The infamous nurdles are wreaking havoc too. These lentil-sized plastic pellets look like fish eggs to unsuspecting critters, leading to a buffet of plastic ingestion that messes up their systems. Nurdles alter riverbed densities and break down into microplastics, which then sneak into drinking water and, eventually, human bodies. Yum.

So, what does the future hold for Pittsburgh’s rivers with Shell’s plant in full swing? “It really depends on how Shell acts, and ultimately, we don’t know these answers,” Hulton VanTassel said. But if Shell’s track record of violations and pollution is any indicator, the outlook is bleak.

Residents need to wake up and demand accountability. As Hulton VanTassel puts it, “We shouldn’t be waiting for everybody who is exposed to get cancer or have chronic lung issues or die. Rather, we know these chemicals cause harm, therefore we should protect our communities from exposure.” Amen to that.

Bringing Shell’s cracker plant to Pittsburgh has opened the floodgates for plastic pollution, turning Steel City into Plastic City.
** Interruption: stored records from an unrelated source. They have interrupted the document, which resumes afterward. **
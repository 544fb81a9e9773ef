//! Why a part of a file is not written.

use rtk_frame::StreamFault;
use std::alloc::AllocError;
use thiserror::Error;

/// Why a part of a file is not written, or not all of it.
#[derive(Clone, Copy, Debug, PartialEq, Eq, Error)]
pub enum CutFault {
    /// Memory was refused.
    #[error("out of memory")]
    OutOfMemory,
    /// A write failed.
    #[error("write failed")]
    Write,
}

impl From<AllocError> for CutFault {
    ghost use Rattle.std.specs.Prelude.{◌≡◌};
    ghost use Rattle.rtk_cut.specs.declared.fault.CutFault.TheVariants.{OutOfMemory};

    ghost from_gives = { λ _ e. e ≡ OutOfMemory };

    fn from(_refused: AllocError) -> Self {
        CutFault::OutOfMemory
    }
}

impl From<StreamFault> for CutFault {
    ghost use Rattle.std.specs.Prelude.{◌≡◌};
    ghost use Rattle.rtk_cut.specs.declared.fault.CutFault.TheVariants.{Write};

    ghost from_gives = { λ _ e. e ≡ Write };

    fn from(_failed: StreamFault) -> Self {
        CutFault::Write
    }
}
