/// Is the last epoch or date not the one that was the last before?
pub(crate) fn is_new_mark(before: Option<GpsMs>, last: GpsMs) -> bool
    ensures { result ≡ spec.is_new_mark before last }
{
    match before {
        Some(before) => before.ms() != last.ms(),
        None => true,
    }
}

/// A moment more; one that is more than a week from the first is not followed.
pub(crate) fn with_moment_near(span: &Span, ms: u64) -> Span
    ensures { result ≡ spec.with_moment_near span.now ms }
{
    let mut more = *span;
    match followed(span.first, ms) {
        Some(moment) => more.take_moment(moment),
        None => more.is_wide = true,
    }
    more
}

/// The last epoch or date.
pub(crate) fn last_mark_of(marks: &Option<ClockMarks>) -> Option<GpsMs>
    ensures { result ≡ spec.last_mark_of marks.now }
{
    match marks {
        Some(marks) => Some(marks.last),
        None => None,
    }
}

/// Are they dates?
pub(crate) fn are_dates_if_any(marks: &Option<ClockMarks>) -> bool
    ensures { result ≡ spec.are_dates_if_any marks.now }
{
    match marks {
        Some(marks) => marks.date.is_some(),
        None => false,
    }
}

impl FollowedSpan {
    /// As a survey keeps it.
    pub(crate) fn kept(&self) -> ClockSpan
        ensures { result ≡ spec.kept_span self.now }
    {
        ClockSpan {
            first: self.span.first.ms(),
            last: self.span.last.ms(),
            least: self.span.least.ms(),
            greatest: self.span.greatest.ms(),
            next_greatest: kept_if_any(self.span.next_greatest),
            falls: self.span.falls,
            is_wide: self.span.is_wide,
            mark: kept_if_any(self.mark),
            by_dates: self.by_dates,
            beside: kept_if_any(self.beside),
            has_day: self.has_day,
        }
    }

    /// The last message: of 1012 it may be an MSM of GLONASS behind them.
    pub(crate) fn last_message(&self) -> GpsMs
        ensures { result ≡ spec.last_message self.now }
    {
        match self.beside {
            Some(moment) => moment,
            None => self.span.last,
        }
    }

    /// Do epochs date it, or dates, as here?
    pub(crate) fn is_marked_by(&self, marks: &ClockMarks) -> bool
        ensures { result ≡ spec.is_marked_by marks.now self.now }
    {
        let are_dates = marks.date.is_some();
        let is_alike = if self.by_dates { are_dates } else { !are_dates };
        self.mark.is_some() && is_alike
    }

    // The last message at this moment, and the others with it.
    fn moved_messages(&self, to: u64, by_dates: bool) -> FollowedSpan
        requires { to < 2 ^ 61 }
        ensures { result ≡ spec.moved_messages to by_dates self.now }
    {
        let from = self.last_message();
        FollowedSpan {
            span: moved_span(from, to, &self.span),
            mark: None,
            by_dates,
            beside: moved_moment_if_any(from, to, self.beside),
            has_day: self.has_day,
        }
    }

    // Where the last message is set near a moment behind it. Of moments by dates the day of the week is known, which counts if
    // the message does not come after this moment by it.
    fn last_moved(&self, clock: FollowedClock, near: GpsMs) -> u64
        ensures value { result ≡ spec.last_moved clock near self.now }
        ensures bound { result < 2 ^ 61 }
    {
        let time = (self.last_message().ms() % WEEK_MS) as u32;
        let moment = clock_moment(redating_clock(clock, self.has_day), near, time);
        if self.by_dates {
            moment.min(dated(near, time))
        } else {
            moment
        }
    }

    /// The last message near a moment, and the others with it. Moments by dates keep their day, however often they are moved.
    pub(crate) fn moved_near(
        &self,
        clock: FollowedClock,
        near: GpsMs,
        by_dates: bool,
    ) -> FollowedSpan
        ensures { result ≡ spec.moved_near clock near by_dates self.now }
    {
        self.moved_messages(self.last_moved(clock, near), by_dates || self.by_dates)
    }

    /// Its moments near the epochs of the station: if none came before its messages, the last of them is set near the
    /// first epoch, and the others with it. Dates take the place of epochs, and epochs that of dates. A 1012 that a date
    /// dated keeps its day of the week, if it does not come after the first epoch by it.
    pub fn anchored(&self, clock: FollowedClock, marks: &ClockMarks) -> FollowedSpan
        ensures { result ≡ spec.clock_anchored clock marks.now self.now }
    {
        if self.is_marked_by(marks) {
            return *self;
        }
        self.moved_near(clock, marks.first, marks.date.is_some())
    }

    /// The same, if some came.
    pub(crate) fn anchored_if_any(
        &self,
        clock: FollowedClock,
        marks: &Option<ClockMarks>,
    ) -> FollowedSpan
        ensures { result ≡ spec.clock_anchored_if_any clock marks.now self.now }
    {
        match marks {
            Some(marks) => self.anchored(clock, marks),
            None => *self,
        }
    }

    /// The moment near which the next message is dated: the last epoch or date if it is new, else the last message.
    pub(crate) fn base(&self, marks: &Option<ClockMarks>) -> GpsMs
        ensures { result ≡ spec.clock_base marks.now self.now }
    {
        match marks {
            Some(marks) if is_new_mark(self.mark, marks.last) => marks.last,
            _ => self.last_message(),
        }
    }

    // A message more after these epochs or dates.
    fn with_time(&self, clock: FollowedClock, marks: &Option<ClockMarks>, time: u32) -> FollowedSpan
        ensures { result ≡ spec.with_clock_time clock marks.now time self.now }
    {
        let ms = clock_moment(clock, self.base(marks), time);
        FollowedSpan {
            span: with_moment_near(&self.span, ms),
            mark: last_mark_of(marks),
            by_dates: are_dates_if_any(marks),
            beside: None,
            has_day: self.has_day,
        }
    }
}

/// A message more of a clock, of which some came.
pub(crate) fn clock_with(
    clock: FollowedClock,
    marks: &Option<ClockMarks>,
    known: &ClockSpan,
    time: u32,
) -> FollowedSpan
    ensures { result ≡ spec.clock_with clock marks.now known.now time }
{
    let opened = known.opened();
    let anchored = opened.anchored_if_any(clock, marks);
    anchored.with_time(clock, marks, time)
}

/// A message more of a clock, of which some came or none.
pub(crate) fn clock_followed(
    clock: FollowedClock,
    marks: &Option<ClockMarks>,
    known: &Option<ClockSpan>,
    time: u32,
) -> ClockSpan
    ensures { result ≡ spec.clock_followed clock marks.now known.now time }
{
    match known {
        Some(known) => clock_with(clock, marks, known, time).kept(),
        None => clock_begun(clock, marks, time).kept(),
    }
}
With fracking, oil and gas extraction, train derailments, and now nurdles spilling everywhere, it’s a plastic apocalypse. And let’s not forget the charming byproducts that seep into our waterways, eventually making their way into our homes and bodies.

But hope isn’t lost. Pittsburghers can demand better regulations and hold polluters accountable. We don’t have to accept filthy rivers as the norm. It’s time to fight back against Shell and its plastic empire before the entire city drowns in nurdles and VOCs. Because if we don’t, who will?